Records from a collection
════════════════

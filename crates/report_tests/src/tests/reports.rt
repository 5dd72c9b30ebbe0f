// Tests the public calls of `oim_report`.

mod accepted;
mod conditions;
mod documents;
mod facts;
mod faults;
mod features;
mod identifiers;
mod limits;
mod pieces;
mod readers;
mod references;
mod said;
mod sheets;

use oim_dims::Fact;
use oim_names::Text;
use oim_report::{Place, Refusal, Report, Sheet};
use oim_value::Level;
use test_helpers::asked_again::{
    INFO, OPEN_INFO, SHEET, holds_under_sheet, joined, may_repeat, may_repeat_here, read,
    read_sheet, repeated,
};
use test_helpers::canonical_parts::END;

// `read` and `read_sheet` repeat a call once if a request for memory is refused.

/// Returns `holds`, and prints the text if `holds` is false.
pub(super) fn told(rt: &HostRuntime, holds: bool, text: &str) -> bool {
    if !holds {
        let _ = eprintln!(rt; "otherwise: {text}");
    }
    holds
}

// The start of a report with the prefixes `eg`, `x`, `xbrli` and `xbrl`.
const BOUND: &str =
    r#"{"documentInfo":{"documentType":"https://xbrl.org/2021/xbrl-json","namespaces":{"eg":"http://example.org/t","x":"http://example.org/u","xbrli":"http://www.xbrl.org/2003/instance","xbrl":"https://xbrl.org/2021"}"#;

const NO_FACTS: &str = r#"},"facts":{}}"#;

// The start of a report up to its first fact object. Two prefixes have one URI.
const FACT: &str =
    r#"{"documentInfo":{"documentType":"https://xbrl.org/2021/xbrl-json","namespaces":{"eg":"http://example.org/t","zz":"http://example.org/t","x":"http://example.org/u","xbrli":"http://www.xbrl.org/2003/instance","xbrl":"https://xbrl.org/2021"}},"facts":{"f":"#;

// Constants contain no enum with data beside texts: the proof of a function that names such a
// constant takes time that grows with the square of the number of its rows.

/// The number of the reason for which a report is refused, or 0 if it is read, and the number of the
/// refused fact, or 0 if the document is refused.
type Outcome = (u8, u64);

const READ: Outcome = (0, 0);

// The expected answer to a report.
#[derive(Clone, Copy)]
enum Answer<'t> {
    Comes(Outcome),
    /// The report declares `all` or no level, and has this number of facts; the facts have this
    /// level.
    HasLevel(usize, Level),
    Declares(Level),
    /// The report has these references.
    Keeps(&'t [&'t str]),
    /// The local parts of the facts' concepts, and the order of the facts.
    Sorts(&'t [&'t str], &'t [usize]),
}

use Answer::{Comes, Declares, HasLevel, Keeps, Sorts};

// Texts between two parts of a report, and what is expected of each report.
struct Table<'t, A> {
    start: &'t str,
    rows: &'t [(A, &'t [&'t str])],
    end: &'t str,
}

fn is_outcome(refusal: Refusal, (number, fact): Outcome) -> bool {
    let place = match fact {
        0 => Place::Document,
        _ => Place::Fact(fact),
    };
    refusal.reason.number() == number && refusal.place == place
}

pub(super) fn are_spelled(found: &[Text], texts: &[&str]) -> bool {
    if found.len() != texts.len() {
        return false;
    }
    for index in 0..found.len() {
        if found[index].as_str() != texts[index] {
            return false;
        }
    }
    true
}

fn are_of(facts: &[Fact], concepts: &[&str]) -> bool {
    if facts.len() != concepts.len() {
        return false;
    }
    for index in 0..facts.len() {
        if facts[index].dimensions.concept().local() != concepts[index] {
            return false;
        }
    }
    true
}

fn is_so_read(report: &Report, answer: &Answer) -> bool {
    match answer {
        Comes(outcome) => *outcome == READ,
        HasLevel(count, level) => {
            report.facts().len() == *count
                && report.level() == *level
                && report.declared() == Level::All
        }
        Declares(level) => report.declared() == *level,
        Keeps(texts) => are_spelled(report.taxonomy(), texts),
        Sorts(concepts, order) => are_of(report.facts(), concepts) && report.order() == *order,
    }
}

// Returns whether a report gives up its facts and their order, if these are wanted.
fn gives_up(report: Report, answer: &Answer) -> bool {
    let (facts, indices) = report.into_facts();
    match answer {
        Sorts(concepts, order) => {
            are_of(facts.as_slice(), concepts) && indices.as_slice() == *order
        }
        _ => true,
    }
}

fn is_answer(rt: &HostRuntime, sheet: &Sheet, bytes: &[u8], answer: &Answer) -> bool {
    match read(rt, sheet, bytes) {
        Ok(report) => is_so_read(&report, answer) && gives_up(report, answer),
        Err(refusal) => matches!(answer, Comes(outcome) if is_outcome(refusal, *outcome)),
    }
}

// Returns whether this is the answer to each of the texts, between the two parts of a report.
fn row_holds(
    rt: &HostRuntime,
    sheet: &Sheet,
    parts: (&str, &str),
    answer: &Answer,
    texts: &[&str],
) -> bool {
    for text in texts {
        let Ok(report) = joined(rt, &[parts.0, text, parts.1]) else {
            return false;
        };
        if !told(rt, is_answer(rt, sheet, &report, answer), text) {
            return false;
        }
    }
    true
}

fn table_holds(rt: &HostRuntime, sheet: &Sheet, table: &Table<Outcome>) -> bool {
    for (outcome, texts) in table.rows {
        if !row_holds(rt, sheet, (table.start, table.end), &Comes(*outcome), texts) {
            return false;
        }
    }
    true
}

fn all_hold(rt: &HostRuntime, sheet: &Sheet, tables: &[Table<Outcome>]) -> bool {
    for table in tables {
        if !table_holds(rt, sheet, table) {
            return false;
        }
    }
    true
}

// Returns whether the tables hold under a sheet with this text.
fn hold_under(rt: &HostRuntime, sheet: &str, tables: &[Table<Outcome>]) -> bool {
    match read_sheet(rt, sheet) {
        Ok(sheet) => all_hold(rt, &sheet, tables),
        Err(_) => false,
    }
}

fn hold(rt: &HostRuntime, tables: &[Table<Outcome>]) -> bool {
    hold_under(rt, SHEET, tables)
}
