//! Calls that are repeated if `tests/program/refused_memory` refuses a request for memory.

use oim_names::{Aliases, Copied, Name, Reason, Text};
use std::alloc::AllocError;
use test_helpers::asked_again::may_repeat;

pub(crate) fn text(rt: &HostRuntime, bytes: &str) -> Result<Text, AllocError> {
    match Text::new(rt.alloc(), bytes) {
        Err(_) if may_repeat(rt) => Text::new(rt.alloc(), bytes),
        made => made,
    }
}

pub(crate) fn is_text(made: Result<Text, AllocError>, plain: &str) -> bool {
    match made {
        Ok(text) => text.as_str() == plain,
        Err(_) => false,
    }
}

pub(crate) fn copied<T: Copied>(rt: &HostRuntime, value: &T) -> Result<T, AllocError> {
    match value.copied(rt.alloc()) {
        Err(_) if may_repeat(rt) => value.copied(rt.alloc()),
        copy => copy,
    }
}

pub(crate) fn equals_its_copy<T: Copied + PartialEq>(rt: &HostRuntime, value: &T) -> bool {
    match copied(rt, value) {
        Ok(copy) => copy == *value,
        Err(_) => false,
    }
}

pub(crate) fn bind(
    rt: &HostRuntime,
    aliases: &mut Aliases,
    prefix: &str,
    uri: &str,
) -> Result<(), Reason> {
    match aliases.add(prefix, uri) {
        // a refused call must not bind the prefix
        Err(Reason::OutOfMemory) if aliases.uri(prefix).is_none() && may_repeat(rt) => aliases.add(
            prefix, uri,
        ),
        answer => answer,
    }
}

fn bind_all(
    rt: &HostRuntime,
    aliases: &mut Aliases,
    bindings: &[(&str, &str)],
) -> Result<(), Reason> {
    for (prefix, uri) in bindings {
        bind(rt, aliases, prefix, uri)?;
    }
    Ok(())
}

pub(crate) fn aliases_of(rt: &HostRuntime, bindings: &[(&str, &str)]) -> Result<Aliases, Reason> {
    let mut aliases = Aliases::new(rt.alloc());
    bind_all(rt, &mut aliases, bindings)?;
    Ok(aliases)
}

pub(crate) fn expand(rt: &HostRuntime, aliases: &Aliases, text: &str) -> Result<Name, Reason> {
    match aliases.expand(text) {
        Err(Reason::OutOfMemory) if may_repeat(rt) => aliases.expand(text),
        answer => answer,
    }
}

════════════════

* YOUR ASSIGNMENT:
Look over the records above, and wherever a line contains the string "json", copy that line.

* RESPONSE:
    r#"{"documentInfo":{"documentType":"https://xbrl.org/2021/xbrl-json","namespaces":{"eg":"http://example.org/t","x":"http://example.org/u","xbrli":"http://www.xbrl.org/2003/instance","xbrl":"https://xbrl.org/2021"}"#;
    r#"{"documentInfo":{"documentType":"https://xbrl.org/2021/xbrl-json","namespaces":{"eg":"http://example.org/t","zz":"http://example.org/t","x":"http://example.org/u","xbrli":"http://www.xbrl.org/2003/instance","xbrl":"https://xbrl.org/2021"}},"facts":{"f":"#;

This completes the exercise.